▶ [Task to carry out]
Would you retype the listing below exactly as given?

▶ [Information supplied]
- Opening Delimiter -
//! A log that is watched as it comes, event by event.
ghost use Rattle.std.specs.Prelude.{◌≡◌, ◌≤◌, List, ℕ, false, [], Option, IfOk, IfErr, OnOk, OnErr};
ghost use Rattle.velo_events.specs.declared.limits.TheConstants.{MAX_EVENTS, MAX_NODES};
ghost use Rattle.velo_bytes.specs.Device.{with_failure};
ghost use Rattle.velo_logtext.specs.Reader.{HasWholeLine};
ghost use Rattle.velo_logtext.specs.Text.{AreBounds};
ghost use Rattle.velo_watch.specs.declared.fault.WatchFault.TheVariants as watch_fault;
ghost use Rattle.velo_watch.specs.UnderWay.{Advances, HasTold, TellsPart, IsUnderWay, IsFaultOfOpening, Steps, read_failures, write_failures};

use crate::fault::WatchFault;
use crate::state::Watch;
use std::alloc::Global;
use velo_bytes::{Sink, Source, WriteFault};
use velo_events::{Bounds, Config};
use velo_logtext::LogReader;
use velo_report::alarm_line;
use velo_world::{Closed, LogReplayFault, RecordedWorld};

impl Watch {
    /// Reads the header of a log, and opens its world, without events. The limits are the most events that the log may have
    /// and the most nodes that the graph may have at one time.
    ///
    /// # Errors
    /// `Log` where the header is wrong or could not be read, and where a growth for the reader was refused; `Replay` with
    /// `Memory` where a growth for the world was refused.
    pub fn open<I: Source>(
        alloc: Global,
        source: &mut I,
        events: u32,
        nodes: u16,
    ) -> Result<Watch, WatchFault>
        requires events { (1 ≤ events) × (events ≤ MAX_EVENTS) }
        requires nodes { (1 ≤ nodes) × (nodes ≤ MAX_NODES) }
        ensures ok { IfOk result (λ watch. (contents : Option (List ℕ)) → IsUnderWay (I.remaining source.old) (I.remaining source.new) contents contents watch) }
        ensures no_events { IfOk result (λ watch. watch.world.log ≡ []) }
        ensures untold { IfOk result (λ watch. watch.told ≡ false) }
        ensures events { IfOk result (λ watch. watch.world.config.events ≡ events) }
        ensures nodes { IfOk result (λ watch. watch.world.config.nodes ≡ nodes) }
        ensures fault { IfErr result (IsFaultOfOpening (I.remaining source.old)) }
        ensures reads { I.failures source.new ≡ read_failures result (I.failures source.old) }
    {
        let reader = match LogReader::open(alloc, source) {
            Ok(reader) => reader,
            Err(fault) => return Err(WatchFault::Log(fault)),
        };
        let config = config_of(reader.bounds(), events, nodes);
        let Ok(world) = RecordedWorld::new(alloc, config) else {
            return Err(WatchFault::Replay(LogReplayFault::Memory));
        };
        Ok(Watch {
            reader,
            world,
            told: false,
        })
    }

    /// Lets the next event of the log come about, and tells the alarm if it raises one, before anything behind it is read.
    /// Without a next event the answer is false.
    ///
    /// # Errors
    /// `Log` for the first wrong line, or where the source failed; `Replay` where the next event can't come about; `Write`
    /// where the sink failed. An alarm before it was told.
    pub fn step<I: Source, O: Sink>(
        &mut self,
        source: &mut I,
        sink: &mut O,
    ) -> Result<bool, WatchFault>
        ensures steps { (read old : Option (List ℕ)) → IsUnderWay read (I.remaining source.old) old (O.contents sink.old) self.old → Steps read old self.old result self.new (I.remaining source.new) (O.contents sink.new) }
        ensures advances { IfOk result (λ more. Advances self.old.world more self.new.world) }
        ensures config { OnOk result (self.new.world.config ≡ self.old.world.config) }
        ensures unread { HasWholeLine self.old.reader.held → source.new ≡ source.old }
        ensures reads { I.failures source.new ≡ read_failures result (I.failures source.old) }
        ensures writes { O.failures sink.new ≡ write_failures result (O.failures sink.old) }
    {
        prove!(self.world.log().len() <= self.world.config().events as usize);
        let event = match self.reader.next(source) {
            Ok(Some(event)) => event,
            Ok(None) => return Ok(false),
            Err(fault) => return Err(WatchFault::Log(fault)),
        };
        match self.world.replay(&event) {
            Ok(()) => {}
            Err(fault) => return Err(WatchFault::Replay(fault)),
        }
        prove!(self.world.log().len() <= self.world.config().events as usize);
        if !self.told {
            self.told = tell(&self.world, sink)?;
        }
        Ok(true)
    }

    /// Whether an alarm was told.
    pub fn has_told(&self) -> bool
        ensures { result ≡ self.now.told }
    {
        self.told
    }

    /// The world of the events so far, after its end.
    pub fn close(self) -> Closed
        ensures { result ≡ self.world }
    {
        self.world.close()
    }
}

/// The configuration of a watch, which goes on after an alarm.
fn config_of(bounds: Bounds, events: u32, nodes: u16) -> Config
    requires bounds { AreBounds bounds }
    requires events { (1 ≤ events) × (events ≤ MAX_EVENTS) }
    requires nodes { (1 ≤ nodes) × (nodes ≤ MAX_NODES) }
    ensures bounds { result.bounds ≡ bounds }
    ensures events { result.events ≡ events }
    ensures nodes { result.nodes ≡ nodes }
    ensures goes_on { result.stop ≡ false }
{
    match Config::new(0, bounds, events, nodes, false) {
        Ok(config) => config,
        Err(_) => unreachable!(),
    }
}

/// Tells the alarm of a world, if there is one, and answers whether there is.
fn tell<O: Sink>(world: &RecordedWorld, sink: &mut O) -> Result<bool, WatchFault>
    ensures ok { IfOk result (λ told. HasTold told (O.contents sink.old) (O.contents sink.new) world.now.log) }
    ensures err { IfErr result (λ fault. fault ≡ watch_fault.Write) }
    ensures part { OnErr result (TellsPart (O.contents sink.old) (O.contents sink.new) world.now.log) }
    ensures no_failure { OnOk result (O.failures sink.new ≡ O.failures sink.old) }
    ensures failure { OnErr result (O.failures sink.new ≡ with_failure (O.failures sink.old)) }
{
    match world.alarm() {
        None => Ok(false),
        Some(alarm) => match alarm_line(alarm, sink) {
            Ok(()) => Ok(true),
            Err(WriteFault) => Err(WatchFault::Write),
        },
    }
}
- Closing Delimiter -
▶ [Exercise output]
//! A log that is watched as it comes, event by event.
ghost use Rattle.std.specs.Prelude.{◌≡◌, ◌≤◌, List, ℕ, false, [], Option, IfOk, IfErr, OnOk, OnErr};
ghost use Rattle.velo_events.specs.declared.limits.TheConstants.{MAX_EVENTS, MAX_NODES};
ghost use Rattle.velo_bytes.specs.Device.{with_failure};
ghost use Rattle.velo_logtext.specs.Reader.{HasWholeLine};
ghost use Rattle.velo_logtext.specs.Text.{AreBounds};
ghost use Rattle.velo_watch.specs.declared.fault.WatchFault.TheVariants as watch_fault;
ghost use Rattle.velo_watch.specs.UnderWay.{Advances, HasTold, TellsPart, IsUnderWay, IsFaultOfOpening, Steps, read_failures, write_failures};

use crate::fault::WatchFault;
use crate::state::Watch;
use std::alloc::Global;
use velo_bytes::{Sink, Source, WriteFault};
use velo_events::{Bounds, Config};
use velo_logtext::LogReader;
use velo_report::alarm_line;
use velo_world::{Closed, LogReplayFault, RecordedWorld};

impl Watch {
    /// Reads the header of a log, and opens its world, without events. The limits are the most events that the log may have
    /// and the most nodes that the graph may have at one time.
    ///
    /// # Errors
    /// `Log` where the header is wrong or could not be read, and where a growth for the reader was refused; `Replay` with
    /// `Memory` where a growth for the world was refused.
    pub fn open<I: Source>(
        alloc: Global,
        source: &mut I,
        events: u32,
        nodes: u16,
    ) -> Result<Watch, WatchFault>
        requires events { (1 ≤ events) × (events ≤ MAX_EVENTS) }
        requires nodes { (1 ≤ nodes) × (nodes ≤ MAX_NODES) }
        ensures ok { IfOk result (λ watch. (contents : Option (List ℕ)) → IsUnderWay (I.remaining source.old) (I.remaining source.new) contents contents watch) }
        ensures no_events { IfOk result (λ watch. watch.world.log ≡ []) }
        ensures untold { IfOk result (λ watch. watch.told ≡ false) }
        ensures events { IfOk result (λ watch. watch.world.config.events ≡ events) }
        ensures nodes { IfOk result (λ watch. watch.world.config.nodes ≡ nodes) }
        ensures fault { IfErr result (IsFaultOfOpening (I.remaining source.old)) }
        ensures reads { I.failures source.new ≡ read_failures result (I.failures source.old) }
    {
        let reader = match LogReader::open(alloc, source) {
            Ok(reader) => reader,
            Err(fault) => return Err(WatchFault::Log(fault)),
        };
        let config = config_of(reader.bounds(), events, nodes);
        let Ok(world) = RecordedWorld::new(alloc, config) else {
            return Err(WatchFault::Replay(LogReplayFault::Memory));
        };
        Ok(Watch {
            reader,
            world,
            told: false,
        })
    }

    /// Lets the next event of the log come about, and tells the alarm if it raises one, before anything behind it is read.
    /// Without a next event the answer is false.
    ///
    /// # Errors
    /// `Log` for the first wrong line, or where the source failed; `Replay` where the next event can't come about; `Write`
    /// where the sink failed. An alarm before it was told.
    pub fn step<I: Source, O: Sink>(
        &mut self,
        source: &mut I,
        sink: &mut O,
    ) -> Result<bool, WatchFault>
        ensures steps { (read old : Option (List ℕ)) → IsUnderWay read (I.remaining source.old) old (O.contents sink.old) self.old → Steps read old self.old result self.new (I.remaining source.new) (O.contents sink.new) }
        ensures advances { IfOk result (λ more. Advances self.old.world more self.new.world) }
        ensures config { OnOk result (self.new.world.config ≡ self.old.world.config) }
        ensures unread { HasWholeLine self.old.reader.held → source.new ≡ source.old }
        ensures reads { I.failures source.new ≡ read_failures result (I.failures source.old) }
        ensures writes { O.failures sink.new ≡ write_failures result (O.failures sink.old) }
    {
        prove!(self.world.log().len() <= self.world.config().events as usize);
        let event = match self.reader.next(source) {
            Ok(Some(event)) => event,
            Ok(None) => return Ok(false),
            Err(fault) => return Err(WatchFault::Log(fault)),
        };
        match self.world.replay(&event) {
            Ok(()) => {}
            Err(fault) => return Err(WatchFault::Replay(fault)),
        }
        prove!(self.world.log().len() <= self.world.config().events as usize);
        if !self.told {
            self.told = tell(&self.world, sink)?;
        }
        Ok(true)
    }

    /// Whether an alarm was told.
    pub fn has_told(&self) -> bool
        ensures { result ≡ self.now.told }
    {
        self.told
    }

    /// The world of the events so far, after its end.
    pub fn close(self) -> Closed
        ensures { result ≡ self.world }
    {
        self.world.close()
    }
}

/// The configuration of a watch, which goes on after an alarm.
fn config_of(bounds: Bounds, events: u32, nodes: u16) -> Config
    requires bounds { AreBounds bounds }
    requires events { (1 ≤ events) × (events ≤ MAX_EVENTS) }
    requires nodes { (1 ≤ nodes) × (nodes ≤ MAX_NODES) }
    ensures bounds { result.bounds ≡ bounds }
    ensures events { result.events ≡ events }
    ensures nodes { result.nodes ≡ nodes }
    ensures goes_on { result.stop ≡ false }
{
    match Config::new(0, bounds, events, nodes, false) {
        Ok(config) => config,
        Err(_) => unreachable!(),
    }
}

/// Tells the alarm of a world, if there is one, and answers whether there is.
fn tell<O: Sink>(world: &RecordedWorld, sink: &mut O) -> Result<bool, WatchFault>
    ensures ok { IfOk result (λ told. HasTold told (O.contents sink.old) (O.contents sink.new) world.now.log) }
    ensures err { IfErr result (λ fault. fault ≡ watch_fault.Write) }
    ensures part { OnErr result (TellsPart (O.contents sink.old) (O.contents sink.new) world.now.log) }
    ensures no_failure { OnOk result (O.failures sink.new ≡ O.failures sink.old) }
    ensures failure { OnErr result (O.failures sink.new ≡ with_failure (O.failures sink.old)) }
{
    match world.alarm() {
        None => Ok(false),
        Some(alarm) => match alarm_line(alarm, sink) {
            Ok(()) => Ok(true),
            Err(WriteFault) => Err(WatchFault::Write),
        },
    }
}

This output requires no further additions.